With a strong commitment to the field of Data Science and a determined focus on creating meaningful outcomes, I've effectively addressed intricate challenges through the application of Python, advanced mathematical techniques, state-of-the-art analytical tools, and machine learning methodologies.
Diabetes Prediction & Diabetic Retinopathy Detection :- I developed an application for diabetes management, which includes a gradient boosting model for diabetes prediction and a CNN-based tool for diabetic retinopathy detection, all integrated into a user-friendly Streamlit app.
Enhancing Handwritten Digit Recognition with Augmented Data & k-Nearest Neighbors:-Improved the accuracy of handwritten digit recognition by augmenting data and implementing the k-Nearest Neighbors algorithm.
Image Deblurring using SVD:- Successfully enhanced image clarity by implementing Singular Value Decomposition (SVD) for effective deblurring.
Predicting Titanic Survival with Decision Trees :- Achieved accurate predictions of Titanic passenger survival rates using decision tree algorithms.
Nutritional Cluster Analysis of Breakfast Cereals :-Conducted a detailed nutritional cluster analysis to categorize breakfast cereals based on their health attributes.

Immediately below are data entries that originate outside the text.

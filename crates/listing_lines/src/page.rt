// The bytes that are written of a listing, with room for any; and how text and numbers are added at their end.
ghost use Rattle.std.specs.Prelude.{◌≡◌, ◌+◌, ◌^◌, ◌<◌, ◌≤◌, List, ℕ, [], ◌∷◌, ◌++◌, length, take};
ghost use Rattle.slot_file.specs.Listing.{decimal, padded, fixed};
ghost use Rattle.listing_lines.specs.Text.{listing_room};

use super::LISTING_ROOM;
use std::marker::Model;

// Not an `ArrayVec`: it takes a text only by a `Result` with a case that never is, and to clauses it is a record about its items, where a page is its bytes.
#[derive(Drop)]
pub struct Page {
    room: [u8; LISTING_ROOM],
    length: usize,
}

// Clauses see the bytes that are written.
impl Model for Page {
    ghost Value = { List ℕ };

    ghost view = { λ p. take p.length p.room };

    ghost invariant = { λ p. p.length ≤ listing_room };
}

// `pow` runs no more instructions than a table: where a count of digits is written out, the compiler works both out. n is a literal where a line is written, and below 8, so
// `as` loses nothing.
fn power(n: usize) -> u64
    requires { n < 8 }
    ensures { (result ≡ 10 ^ n) × (0 < result) }
{
    10_u64.pow(n as u32)
}

// What is put at the end asks for room in its contract, each for another count, so no one type would hold it. A digit is below 10 and fits a byte, where `try_from` would
// have a case that never is: `as` turns it.
impl Page {
    pub fn new() -> Self
        ensures { result ≡ [] }
    {
        Page {
            room: [0; LISTING_ROOM],
            length: 0,
        }
    }

    pub fn bytes(&self) -> &[u8]
        ensures value { result.now ≡ self.now }
        ensures within { length result.now ≤ listing_room }
    {
        &self.room[..self.length]
    }

    pub(crate) fn push_byte(&mut self, b: u8)
        requires { length self.old < listing_room }
        ensures { self.new ≡ self.old ++ b ∷ [] }
    {
        self.room[self.length] = b;
        self.length += 1;
    }

    pub(crate) fn push_text(&mut self, t: &[u8])
        requires { length self.old + length t.now ≤ listing_room }
        ensures { self.new ≡ self.old ++ t.now }
    {
        let end = self.length + t.len();
        self.room[self.length..end].copy_from_slice(t);
        self.length = end;
    }

    // With no leading zeros. Not by `write!`, which promises its bytes only where it succeeds, and nowhere that it does.
    #[tactic(auto, using(crate::proofs::Digits::decimal_less))]
    pub(crate) fn push_decimal(&mut self, x: u64)
        requires { length self.old + 20 ≤ listing_room }
        ensures text { self.new ≡ self.old ++ decimal x }
        ensures short { length self.new ≤ length self.old + 20 }
    {
        let is_digit = x < 10;
        if is_digit {
            self.push_byte(b'0' + x as u8);
        } else {
            self.push_decimal(x / 10);
            self.push_byte(b'0' + (x % 10) as u8);
        }
    }

    // The last n digits of x, zeros in front too. Not by `push_byte`: that the page grows only once spares two words of memory for each digit.
    pub(crate) fn push_padded(&mut self, x: u64, n: usize)
        requires { (n < 9) × (length self.old + n ≤ listing_room) }
        ensures text { self.new ≡ self.old ++ padded n x }
        ensures count { length self.new ≡ length self.old + n }
    {
        let end = self.length + n;
        for left in (0..n).rev() {
            self.room[end - 1 - left] = b'0' + (x / power(left) % 10) as u8;
        }
        self.length = end;
    }

    // x units of the last of n decimals.
    #[tactic(auto, unfolding(slot_file::specs::Listing::fixed, slot_file::specs::Listing::text))]
    pub(crate) fn push_fixed(&mut self, x: u64, n: usize)
        requires { (n < 8) × (length self.old + 21 + n ≤ listing_room) }
        ensures text { self.new ≡ self.old ++ fixed n x }
        ensures short { length self.new ≤ length self.old + 21 }
    {
        self.push_decimal(x / power(n));
        self.push_byte(b'.');
        self.push_padded(x, n);
    }
}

Statistical Analysis and Model Evaluation for Predicting Pain in the Neuralgia Dataset :- Effectively predicted pain levels in the neuralgia dataset through comprehensive statistical analysis and model evaluation.
I am passionate about exploring and experimenting with cutting-edge software applications. Keeping abreast of the latest technological advancements, I relish the opportunity to delve into new tools and platforms.